1 Hidden Layer : 2 Perceptrons in Hidden Layer and 1 Output

In this example, I will try to classify this data using two layer network : 2 perceptrons in the Hidden layer and one output perceptron. Let's see how well this work.

Just with some intuition (hunch) based on experience in previous example. I personally think this network would work with pretty high probability.

Step 1 : Take a overall distribution of the data plotted as below and try to come up with some idea what kind of neural network you can use. I use the following code to create this dataset. It would not be that difficult to understand the characteristics of dataset from the code itself, but don't spend too much time and effort to understand this part. Just use it as it is.

xrange = 5;

for i = 1:200

x = xrange * rand(1,1);

y = xrange * rand(1,1);

if y >= (x-xrange/2)^2 + 1

z = 1;

else

z = 0;

end

full_data = [full_data ; [x y z]];

end

In this case, only two parameters are required to specify a specific data. That's why you can plot the dataset in 2D graph. Of course, in real life situation this would not be a frequent case where you can have this kind of simple dataset, but I would recommend you to try with this type of simple dataset with multiple variations and understand exactly what type of variation you have to make in terms of neural network structure to cope with those variations in data set.

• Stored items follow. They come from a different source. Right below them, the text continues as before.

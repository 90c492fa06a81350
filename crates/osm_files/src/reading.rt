//! Reading the units of an input one by one, in whatever pieces its bytes come. A line that is longer than one read is
//! searched for its end once, so the time is linear in the file.
ghost use Rattle.std.specs.Prelude.{◌≡◌, ◌+◌, ◌<◌, ◌≤◌, ◌^◌, ◌⊎◌, true, false, None, Some, Ok, Err, []};
ghost use Rattle.std.specs.Prelude.{length, drop, take, option_map};
ghost use Rattle.std.specs.Prelude.{is_err, IfOk, IfErr, OnOk, OnErr, IsSome, if◌then◌else◌};
ghost use Rattle.osm_files.specs.EndRule.{new_test, lacks_end};
ghost use Rattle.osm_files.specs.Fault.{failed_fault, fault_at};
ghost use Rattle.osm_files.specs.Units as spec;
ghost use Rattle.osm_files.specs.Reading.{Finds, FindsLast};
ghost use Rattle.osm_files.specs.Source.{StepsOn};
ghost use Rattle.osm_files.specs.Load.{format_of, determines_format, is_o5m, DeterminesFormat};
ghost use Rattle.osm_files.specs.declared.format.Format.TheVariants.{O5m, O5c};
ghost use Rattle.osm_files.specs.Stream.{new_placed};
ghost use Rattle.osm_files.specs.Position.{Between, HasRead, StopsAt, FindsUnit, IsShortened, with_state, state_at};
ghost use Rattle.osm_files.specs.Position.{units_left};
ghost use Rattle.osm_files.specs.UnknownLine.{HoldsUnknown, DropsTested};
ghost use Rattle.osm_files.specs.declared.reason.Reason.TheVariants.{NoEnd};
ghost use Rattle.std.specs.Bool.{OnTrue};

use crate::end_rule::{EndRule, EndTest};
use crate::fault::{Fault, LENGTH_LIMIT};
use crate::format::Format;
use crate::input::Input;
use crate::o5::{HEADER_LENGTH, O5_START, O5M_HEADER};
use crate::placed::Placed;
use crate::read_buffer::ReadBuffer;
use crate::reason::Reason;
use crate::unit::{FileState, ReadUnit};
use crate::unknown_line::{TestedFront, begins_unknown};
use opl_line::find_line_end;
use osm_model::Version;
use std::alloc::Global;
use std::marker::Model;

/// The least number of bytes of a comment, or of a line that begins no version, that are dropped before the line's end
/// is read.
const LONG_LINE: usize = 65536;

/// A reading of the units of an input.
#[derive(Drop)]
pub(crate) struct Reading<R: Input> {
    alloc: Global,
    input: usize,
    reader: R,
    /// The bytes held: those that came and belong to no unit read so far.
    read_buffer: ReadBuffer,
    /// The offset in the file of the first byte held.
    offset: u64,
    /// The stage of the reading; `None` before the first byte, which determines the grammar.
    stage: Option<FileState>,
    /// Whether the bytes that came end as the rule says.
    end: EndTest,
    ended: bool,
    failed: bool,
}

impl<R: Input> Model for Reading<R> {
    ghost use Rattle.std.specs.Prelude.{◌≡◌, ◌+◌, ◌<◌, ◌≤◌, ◌^◌, length, drop, option_map, IfSome, false};
    ghost use Rattle.osm_files.specs.Reading.{FindsLast, state_data_of, IsGoodState};
    ghost use Rattle.osm_files.specs.Position.{Position};

    ghost Value = { Position R };

    ghost view = { λ r. record {
      input = r.input;
      offset = r.offset;
      held = r.read_buffer;
      rest = r.reader;
      stage = option_map state_data_of r.stage;
      end = r.end;
      ended = r.ended;
      failed = r.failed;
    } };

    ghost invariant = { λ r. (r.offset + length r.read_buffer < 2 ^ 62) ×
        (r.failed ≡ false → IfSome r.stage IsGoodState) };
}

Just taking a quick look at the data, I see there is only two categories of data labeled as '+' and 'o'. So I would need only two input in my neural network.

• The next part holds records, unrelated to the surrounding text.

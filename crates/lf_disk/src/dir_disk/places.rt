//! The folders that have the names of a disk's files.
use crate::name::FileName;
use std::fs::{self, File};
use std::io;
use std::rt::Files;

/// A folder and the folder of its transactions, open from the first on, so that a sync of the names in them opens nothing.
#[derive(Drop)]
pub(super) struct Places {
    folder: File,
    transactions: File,
}

impl Places {
    pub(super) fn open<R: Files<File = File>>(
        rt: &R,
        folder: &str,
        transactions: &str,
    ) -> io::Result<Places> {
        Ok(Places {
            folder: fs::open(rt, folder)?,
            transactions: fs::open(rt, transactions)?,
        })
    }

    pub(super) fn sync_all(&self) -> io::Result<()> {
        self.transactions.sync_all()?;
        self.folder.sync_all()
    }

    /// Syncs the folder that has this name.
    pub(super) fn sync(&self, name: FileName) -> io::Result<()> {
        if is_beside_transactions(name) {
            self.transactions.sync_all()
        } else {
            self.folder.sync_all()
        }
    }

    /// Syncs the folders that have these names, each once.
    pub(super) fn sync_both(&self, one: FileName, other: FileName) -> io::Result<()> {
        self.sync(one)?;
        if is_beside_transactions(one) == is_beside_transactions(other) {
            return Ok(());
        }
        self.sync(other)
    }
}

/// The staged file stands where it is renamed to most often, so that one folder has both names.
fn is_beside_transactions(name: FileName) -> bool {
    matches!(name, FileName::Ltx { .. } | FileName::Staged)
}
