//! The files that stay open.
ghost use Rattle.lf_disk.specs.Kept.{Closes};

use crate::name::FileName;
use std::fs::File;

/// The handles of the database file and of the staged file, each from its first use on. A handle
/// belongs to a file, not to its name: where the name goes, the handle goes with it.
#[derive(Drop)]
pub(super) struct Kept {
    pub database: Option<File>,
    pub staged: Option<File>,
}

impl Kept {
    pub(super) fn new() -> Kept {
        Kept {
            database: None,
            staged: None,
        }
    }

    /// The handle that is kept of a name.
    pub(super) fn get(&self, name: FileName) -> Option<&File> {
        match name {
            FileName::Database => self.database.as_ref(),
            FileName::Staged => self.staged.as_ref(),
            _ => None,
        }
    }

    /// Takes out the handle that is kept of a name.
    pub(super) fn take(&mut self, name: FileName) -> Option<File>
        ensures { Closes name self.old self.new }
    {
        match name {
            FileName::Database => self.database.take(),
            FileName::Staged => self.staged.take(),
            _ => None,
        }
    }

    /// Keeps the handle of the database file or of the staged file. That of another file is closed.
    pub(super) fn keep(&mut self, name: FileName, file: File) {
        match name {
            FileName::Database => self.database = Some(file),
            FileName::Staged => self.staged = Some(file),
            _ => {}
        }
    }
}
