//! Reads and writes of a file of the system, of which each call may move a part.
ghost use Rattle.std.specs.Prelude.{◌≤◌, length, IfOk};

use std::io;
use std::os::unix::fs::FileExt;

/// Reads the file's bytes from `at` on until `out` is full or the file ends, and answers how many.
pub fn read_from<F: FileExt>(file: &F, at: u64, out: &mut [u8]) -> io::Result<usize>
    ensures { IfOk result (λ n. n ≤ length out.new) }
{
    let mut count = 0;
    while count < out.len() {
        let more = file.read_at(&mut out[count..], at.saturating_add(count as u64))?;
        if more == 0 {
            break;
        }
        count += more;
    }
    Ok(count)
}

/// Writes all bytes from `at` on.
pub fn write_to<F: FileExt>(file: &F, at: u64, bytes: &[u8]) -> io::Result<()> {
    file.write_all_at(bytes, at)
}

Then next question is 'would it be possible to classify these two groups of data by a single linear line ?

Obviously Not. It mean that single perceptron and single layer would not solve this classification issue.

Then next question is 'how many output you would need for this classification ? I think I can do this with only one output since there are only two categories.

NOTE : You may use more than one outputs for this classification depending on how you map the output value(s) to each categories of this dataset, but if I can do with one output, what is point of using multiple outputs.

Step 2 : Determine the structure of Neural Nework.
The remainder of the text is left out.